In his opinion, the pro-independence parties also attacked the rights of the MPs in the Regional Parliament of Catalonia, "who were unable to defend their positions in these debates", and are now "threatening the mayors who are opposed to their approach, as Mr Puigdemont did yesterday".

"You have divided the Regional Parliament of Catalonia and Catalan society. And you are now threatening journalists and mayors who refuse to follow your orders", underlined the President of the Government.

We will not accept a totalitarian approach

Pool Moncloa / J.M. CuadradoMariano Rajoy thanked the Socialist Member of the Upper House Andrés Gil for his party's support on this matter. "I believe it is very important that, on an issue of this nature, we are united because we all seek the same thing".

The President of the Government accepted the proposal from Andrés Gil to respond to the problems of Catalonia, based on dialogue without exclusions and on the need to make political headlines because "we are faced with a situation in which the basic values and principles of our way of life together are at stake".

In this regard, he insisted that the Regional Parliament of Catalonia has tried to wipe out the rules that govern our co-existence, based on an alternative legality in just five hours without the legitimacy to do so, robbing the people of Spain of their sovereignty and sidestepping all the democratic channels". It also ignored the legal opinions issued by the Catalan institutions, the legal counsel of the Regional Parliament of Catalonia and the Council for Statutory Guarantees.

"We cannot, under any circumstances, accept, in a nation that is a well-established democracy, one of the most important in the world and clearly one of the most important in Europe, these totalitarian, anti-democratic approaches that seek to run roughshod over the rights of all our citizens", concluded the President of the Government.

Defence of judicial guarantees

Pool Moncloa / J.M. CuadradoThe President of the Government also responded to the question asked by the Member of the Upper House, Jokin Bildarratz, from the Basque Nationalist Party (Spanish acronym: PNV), on the reasons why the government appealed against Law 12/2016, of 28 July, on the recognition of and redress for the victims of human rights violations in the context of politically-motivated violence in the Autonomous Region of the Basque Country between 1978 and 1999.

Mariano Rajoy highlighted that, before lodging this appeal on the unconstitutional nature of this law, it was subject to negotiations at the Bilateral Committee on Cooperation between the State and the Autonomous Region of the Basque Country. The government also based its decision on the opinions in favour of this appeal from the Council of State and the Ministries of Home Affairs, of Justice and of Health.

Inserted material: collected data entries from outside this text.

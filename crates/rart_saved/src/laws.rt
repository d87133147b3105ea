//! What the forms of versions and of changes fix, and worked forms: laws, each the contract of a
//! function.
ghost use Rattle.std.specs.Prelude.{◌≡◌, ◌≢◌, ◌<◌, ◌⊎◌, IfErr, IfOk, map};
ghost use Rattle.rart_below.specs.Clones.{ClonesEqual};
ghost use Rattle.rart_changes.specs.Shown.{shown_change};
ghost use Rattle.rart_saved.specs.ChangeForms.{IsChangeList};
ghost use Rattle.rart_saved.specs.ChangeFormLaws.{ChangeFormsAreOfOne, ChangeFormsStandApart, ChangesAreNoVersion, NoChange, OneOfEach};
ghost use Rattle.rart_saved.specs.Forms.{IsVersionOf};
ghost use Rattle.rart_saved.specs.SavedLaws.{FormsAreOfOne, FormsStandApart};
ghost use Rattle.rart_saved.specs.declared.error.LoadError.TheVariants.{Io, Memory};
ghost use Rattle.rart_saved.specs.WorkedForms.{NumberOfOneByte, NumberOfTwoBytes, GreatestNumber, NumberAsValue, EmptyVersion, GreatestVersion, EmptyKey, KeysInKeys, SumBehind};

pub mod change_lists;
mod families;

use crate::changes::loading::load_changes_slice;
use crate::changes::saving::save_changes_slice;
use crate::error::LoadError;
use crate::loading::load_slice;
use crate::saving::save_slice;
use crate::streams::{load, load_changes};
use crate::value::{ByteString, SavedValue};
pub use families::{
    families_are_given_back, families_are_given_back_by_streams, families_are_given_back_within,
    families_are_of_trees, family_forms_stand_apart, limits_are_of_each_version,
    worked_family_forms,
};
use rart_changes::KeyChange;
use rart_versioned::{KeyTrait, VersionedAdaptiveRadixTree};
use std::alloc::Global;

/// Versions whose bytes are equal are equal, and no version's bytes begin another's.
pub fn forms_stand_apart<V: SavedValue>()
    ensures one { FormsAreOfOne V.written V.KIND }
    ensures apart { FormsStandApart V.written V.KIND }
{}

/// Lists of changes whose bytes are equal are equal, no list's bytes begin another's, and neither a
/// list's bytes begin a version's nor the other way.
pub fn change_forms_stand_apart<V: SavedValue>()
    ensures one { ChangeFormsAreOfOne V.written V.KIND }
    ensures apart { ChangeFormsStandApart V.written V.KIND }
    ensures version { ChangesAreNoVersion V.written V.KIND }
{}

/// Worked forms of changes: none, and one key inserted, one replaced and one removed.
pub fn worked_change_forms()
    ensures none { NoChange }
    ensures each { OneOfEach }
{}

/// Worked forms: numbers at the ends of what a byte holds, the greatest, and one as a value; the
/// empty version, the greatest number, the empty key, keys that begin one another, empty values,
/// and where the sum stands.
pub fn worked_forms()
    ensures one_byte { NumberOfOneByte }
    ensures two_bytes { NumberOfTwoBytes }
    ensures greatest_number { GreatestNumber }
    ensures as_value { NumberAsValue }
    ensures empty_version { EmptyVersion }
    ensures greatest_version { GreatestVersion }
    ensures empty_key { EmptyKey }
    ensures keys_in_keys { KeysInKeys }
    ensures sum_behind { SumBehind }
{}

/// The kinds of this crate's own values differ, and are below 128, as those of yours aren't.
pub fn own_kinds_are_apart()
    ensures apart { ⟦<u64 as SavedValue>⟧.KIND ≢ ⟦<ByteString as SavedValue>⟧.KIND }
    ensures numbers { ⟦<u64 as SavedValue>⟧.KIND < 128 }
    ensures byte_strings { ⟦<ByteString as SavedValue>⟧.KIND < 128 }
{}

/// Each kind is a byte, so that a file names it whole.
pub fn kinds_are_bytes<V: SavedValue>() -> u8
    ensures kind { result ≡ V.KIND }
    ensures byte { V.KIND < 256 }
{
    V::KIND
}

/// Every tree is a version that its form gives back.
pub fn trees_are_versions<K: KeyTrait, V: SavedValue>(tree: &VersionedAdaptiveRadixTree<K, V>)
    ensures { IsVersionOf K.MAXIMUM_SIZE tree.now }
{
    tree.know_keys_for_proof();
}

/// What is saved is loaded again, or memory is refused.
pub fn forms_are_given_back<K: KeyTrait, V: SavedValue>(
    alloc: Global,
    tree: &VersionedAdaptiveRadixTree<K, V>,
) -> Result<VersionedAdaptiveRadixTree<K, V>, LoadError>
    requires clones { ClonesEqual V.is_clone }
    ensures same { IfOk result (λ back. back ≡ tree.now) }
    ensures memory { IfErr result (λ error. error ≡ Memory) }
{
    trees_are_versions(tree);
    let bytes = save_slice(alloc, tree)?;
    load_slice(alloc, bytes.as_slice())
}

/// The same over a stream of these bytes, where reading may fail too.
pub fn forms_are_given_back_by_streams<K: KeyTrait, V: SavedValue>(
    alloc: Global,
    tree: &VersionedAdaptiveRadixTree<K, V>,
) -> Result<VersionedAdaptiveRadixTree<K, V>, LoadError>
    requires clones { ClonesEqual V.is_clone }
    ensures same { IfOk result (λ back. back ≡ tree.now) }
    ensures errors { IfErr result (λ error. (error ≡ Memory) ⊎ (error ≡ Io)) }
{
    trees_are_versions(tree);
    let bytes = save_slice(alloc, tree)?;
    load(alloc, &mut bytes.as_slice())
}

/// What is saved of changes whose keys ascend is loaded again, or memory is refused.
pub fn changes_are_given_back<K: KeyTrait, V: SavedValue>(
    alloc: Global,
    list: &[KeyChange<K, V>],
) -> Result<Vec<KeyChange<K, V>>, LoadError>
    requires { IsChangeList K.MAXIMUM_SIZE (map (shown_change K.bytes) list.now) }
    ensures same { IfOk result (λ back. map (shown_change K.bytes) back.items
        ≡ map (shown_change K.bytes) list.now) }
    ensures memory { IfErr result (λ error. error ≡ Memory) }
{
    let bytes = save_changes_slice(alloc, list)?;
    load_changes_slice(alloc, bytes.as_slice())
}

/// The same over a stream of these bytes, where reading may fail too.
pub fn changes_are_given_back_by_streams<K: KeyTrait, V: SavedValue>(
    alloc: Global,
    list: &[KeyChange<K, V>],
) -> Result<Vec<KeyChange<K, V>>, LoadError>
    requires { IsChangeList K.MAXIMUM_SIZE (map (shown_change K.bytes) list.now) }
    ensures same { IfOk result (λ back. map (shown_change K.bytes) back.items
        ≡ map (shown_change K.bytes) list.now) }
    ensures errors { IfErr result (λ error. (error ≡ Memory) ⊎ (error ≡ Io)) }
{
    let bytes = save_changes_slice(alloc, list)?;
    load_changes(alloc, &mut bytes.as_slice())
}
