//! Entries: keys, each behind the one before it, and what stands behind each. A version has a value
//! there, a list of changes both values of a change, a family a value or that there is none.
ghost use Rattle.std.specs.Prelude.{◌≡◌, ◌≤◌, ◌++◌, ℕ, List, [], drop, length, true, IfErr, IfOk, OnOk};
ghost use Rattle.rart_below.specs.Bytes.{IsAdmitted};
ghost use Rattle.rart_saved.specs.Forms.{entry};
ghost use Rattle.rart_saved.specs.Keys.{IsNext};
ghost use Rattle.rart_saved.specs.Loads.{LacksPair};
ghost use Rattle.rart_saved.specs.Parts.{HasPart};
ghost use Rattle.rart_saved.specs.Refusals.{OnErrWithin, OnOtherErr, PointsInto};
ghost use Rattle.rart_saved.specs.Values.{LacksValue};

use crate::error::LoadError;
use crate::keys::{put_key, take_key};
use crate::value::SavedValue;
use rart_versioned::KeyTrait;
use std::alloc::{AllocError, Global};

/// What stands behind a key, as it is written: lent, where it is.
pub(crate) trait LentForm: Copy + Drop {
    ghost written: { Self → List ℕ };

    /// Writes the form behind what is there. Refused for memory, some of its bytes may be there.
    fn put(self, out: &mut Vec<u8>) -> Result<(), AllocError>
        ensures { OnOk result (out.new.items ≡ out.old.items ++ written self) };
}

/// What stands behind a key, as it is read.
pub(crate) trait Form: Drop {
    ghost written: { Self → List ℕ };

    /// What has its form at an offset, and the offset behind it. Refused for another reason than
    /// memory, nothing has its form there.
    fn take(alloc: Global, bytes: &[u8], at: usize) -> Result<(Self, usize), LoadError>
        requires { at ≤ length bytes.now }
        ensures read { IfOk result (λ found. HasPart bytes.now at (written found.0) found.1) }
        ensures refused { OnOtherErr result (LacksValue written (drop at bytes.now)) }
        ensures points { IfErr result (PointsInto bytes.now) };
}

impl<'a, V: SavedValue> LentForm for &'a V {
    ghost written = { λ value. V.written value.now };

    fn put(self, out: &mut Vec<u8>) -> Result<(), AllocError> {
        self.write(out)
    }
}

impl<V: SavedValue> Form for V {
    ghost written = { V.written };

    fn take(alloc: Global, bytes: &[u8], at: usize) -> Result<(V, usize), LoadError> {
        V::read(alloc, bytes, at)
    }
}

/// Writes an entry behind what is there, and its key over the one before. Refused for memory, some
/// of its bytes may be there.
pub(crate) fn put_entry<F: LentForm>(
    out: &mut Vec<u8>,
    before: &mut Vec<u8>,
    key: &[u8],
    form: F,
) -> Result<(), AllocError>
    ensures written { OnOk result (out.new.items ≡ out.old.items
        ++ entry F.written before.old.items (key.now, form)) }
    ensures before { OnOk result (before.new.items ≡ key.now) }
{
    put_key(out, before.as_slice(), key)?;
    form.put(out)?;
    before.clear();
    before.extend_from_slice(key)?;
    Ok(())
}

/// Reads the entry whose form begins at an offset, its key into the one before, and gives what
/// stands behind its key, and the offset behind that. Its key is one that `take_key` takes. Refused
/// for another reason than memory, no entry of such a key has its form there.
pub(crate) fn take_entry<K: KeyTrait, F: Form>(
    alloc: Global,
    bytes: &[u8],
    at: usize,
    longest: Option<usize>,
    is_first: bool,
    key: &mut Vec<u8>,
) -> Result<(F, usize), LoadError>
    requires inside { at ≤ length bytes.now }
    requires first { is_first ≡ true → key.old.items ≡ [] }
    ensures read { IfOk result (λ found. HasPart bytes.now at
        (entry F.written key.old.items (key.new.items, found.0)) found.1) }
    ensures next { OnOk result (IsNext is_first key.old.items key.new.items) }
    ensures admitted { OnOk result (IsAdmitted K.MAXIMUM_SIZE (length key.new.items)) }
    ensures short { OnOk result (IsAdmitted longest (length key.new.items)) }
    ensures refused { OnErrWithin longest K.MAXIMUM_SIZE result
        (λ most. LacksPair F.written most is_first key.old.items (drop at bytes.now)) }
    ensures points { IfErr result (PointsInto bytes.now) }
{
    let from = take_key::<K>(bytes, at, longest, is_first, key)?;
    let (form, end) = F::take(alloc, bytes, from)?;
    Ok((form, end))
}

The President of the Government specified that this appeal does not affect the law as a whole approved by the Autonomous Region of the Basque Country, but rather a few of its articles. The main reason, he explained, is that the law sets up an assessment committee as the collegiate administrative body, the main function of which is to handle the procedures to recognise the status of a victim of a human rights violation. "We are challenging the creation of this committee because it is allocated functions to investigate events that constitute criminal offences as contained in the Criminal Code, and that is a jurisdictional function, here and anywhere else in the world", he argued.

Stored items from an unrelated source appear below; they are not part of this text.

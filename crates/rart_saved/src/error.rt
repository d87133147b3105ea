//! Why bytes were not read, or a version, a list of changes or a family not written.
use std::alloc::AllocError;
use thiserror::Error;

/// Why bytes were not read as a version, a list of changes or a family. Nothing is left behind.
#[derive(Debug, Clone, Copy, PartialEq, Eq, Error)]
pub enum LoadError {
    /// Reading failed.
    #[error("reading failed")]
    Io,
    /// Memory was refused. Only with this error, `Io` or `TooLong` may the bytes be what was to be
    /// read.
    #[error("out of memory")]
    Memory,
    /// The bytes end too early.
    #[error("the bytes end too early")]
    Truncated,
    /// What begins at that byte stands in no form of the kind: a byte of the head, a number in
    /// another form, a key out of order or of a length that the key type lacks, a value, or bytes
    /// behind the end.
    #[error("what begins at byte {at} stands in no form")]
    Malformed { at: usize },
    /// The key whose form begins at that byte is longer than a key may be by the limit that was
    /// given. Without one it never comes.
    #[error("the key at byte {at} is too long")]
    TooLong { at: usize },
    /// The sum at the end is not that of the bytes before it.
    #[error("the checksum is another one")]
    Checksum,
    /// The head names another format.
    #[error("format {format} is not supported")]
    Unsupported { format: u8 },
}

/// Why a version, a list of changes or a family was not written.
#[derive(Debug, Clone, Copy, PartialEq, Eq, Error)]
pub enum SaveError {
    /// Writing failed.
    #[error("writing failed")]
    Io,
    /// Memory was refused, and nothing is written.
    #[error("out of memory")]
    Memory,
}

impl From<AllocError> for SaveError {
    ghost use Rattle.std.specs.Prelude.{◌≡◌};
    ghost use Rattle.rart_saved.specs.declared.error.SaveError.TheVariants.{Memory};

    ghost from_gives = { λ _ error. error ≡ Memory };

    fn from(_refused: AllocError) -> SaveError {
        SaveError::Memory
    }
}

impl From<AllocError> for LoadError {
    ghost use Rattle.std.specs.Prelude.{◌≡◌};
    ghost use Rattle.rart_saved.specs.declared.error.LoadError.TheVariants.{Memory};

    ghost from_gives = { λ _ error. error ≡ Memory };

    fn from(_refused: AllocError) -> LoadError {
        LoadError::Memory
    }
}
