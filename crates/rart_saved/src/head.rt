//! The head of each file.
ghost use Rattle.std.specs.Prelude.{◌≡◌, ◌≢◌, ◌++◌, ℕ, List, IfErr, IfOk};
ghost use Rattle.rart_saved.specs.ChangeForms.{changes_head};
ghost use Rattle.rart_saved.specs.FamilyForms.{family_head};
ghost use Rattle.rart_saved.specs.Forms.{head};
ghost use Rattle.rart_saved.specs.Parts.{HasPart};
ghost use Rattle.rart_saved.specs.Refusals.{PointsInto};

use crate::error::LoadError;
use rart_below::prefix_length;

/// The number of this format.
const FORMAT: u8 = 1;

/// Of a version: the name, the number of the format, and the kind of values.
pub(crate) fn head_of(kind: u8) -> [u8; 9]
    ensures { result ≡ head kind }
{
    [b'c', b'o', b'm', b'f', b'r', b'e', b'y', FORMAT, kind]
}

/// Of a list of changes, the same with another name.
pub(crate) fn changes_head_of(kind: u8) -> [u8; 9]
    ensures { result ≡ changes_head kind }
{
    [b'c', b'h', b'a', b'n', b'g', b'e', b's', FORMAT, kind]
}

/// Of a family, the same with a third name.
pub(crate) fn family_head_of(kind: u8) -> [u8; 9]
    ensures { result ≡ family_head kind }
{
    [b'l', b'i', b'n', b'e', b'a', b'g', b'e', FORMAT, kind]
}

/// The offset behind a head, where the bytes begin with it.
pub(crate) fn take_head(bytes: &[u8], head: &[u8; 9]) -> Result<usize, LoadError>
    ensures read { IfOk result (λ end. HasPart bytes.now 0 head.now end) }
    ensures refused { IfErr result (λ _. (rest : List ℕ) → bytes.now ≢ head.now ++ rest) }
    ensures points { IfErr result (PointsInto bytes.now) }
{
    let shared = prefix_length(head, bytes);
    if shared == 9 {
        return Ok(9);
    }
    if shared == bytes.len() {
        return Err(LoadError::Truncated);
    }
    if shared == 7 {
        return Err(LoadError::Unsupported {
            format: bytes[shared],
        });
    }
    Err(LoadError::Malformed { at: shared })
}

Mariano Rajoy added that the procedure provided for in the law may affect the essential content of fundamental rights. "Whenever someone says that a victim exists, there is also a culprit, and that culprit cannot be declared to be guilty by an administrative committee because this prejudices the effective legal protection as assigned under Article 24 of the Constitution, the presumption of innocence, the judge pre-determined by the law, the adversarial process with all due guarantees and the right to honour, privacy and one's own image", he argued.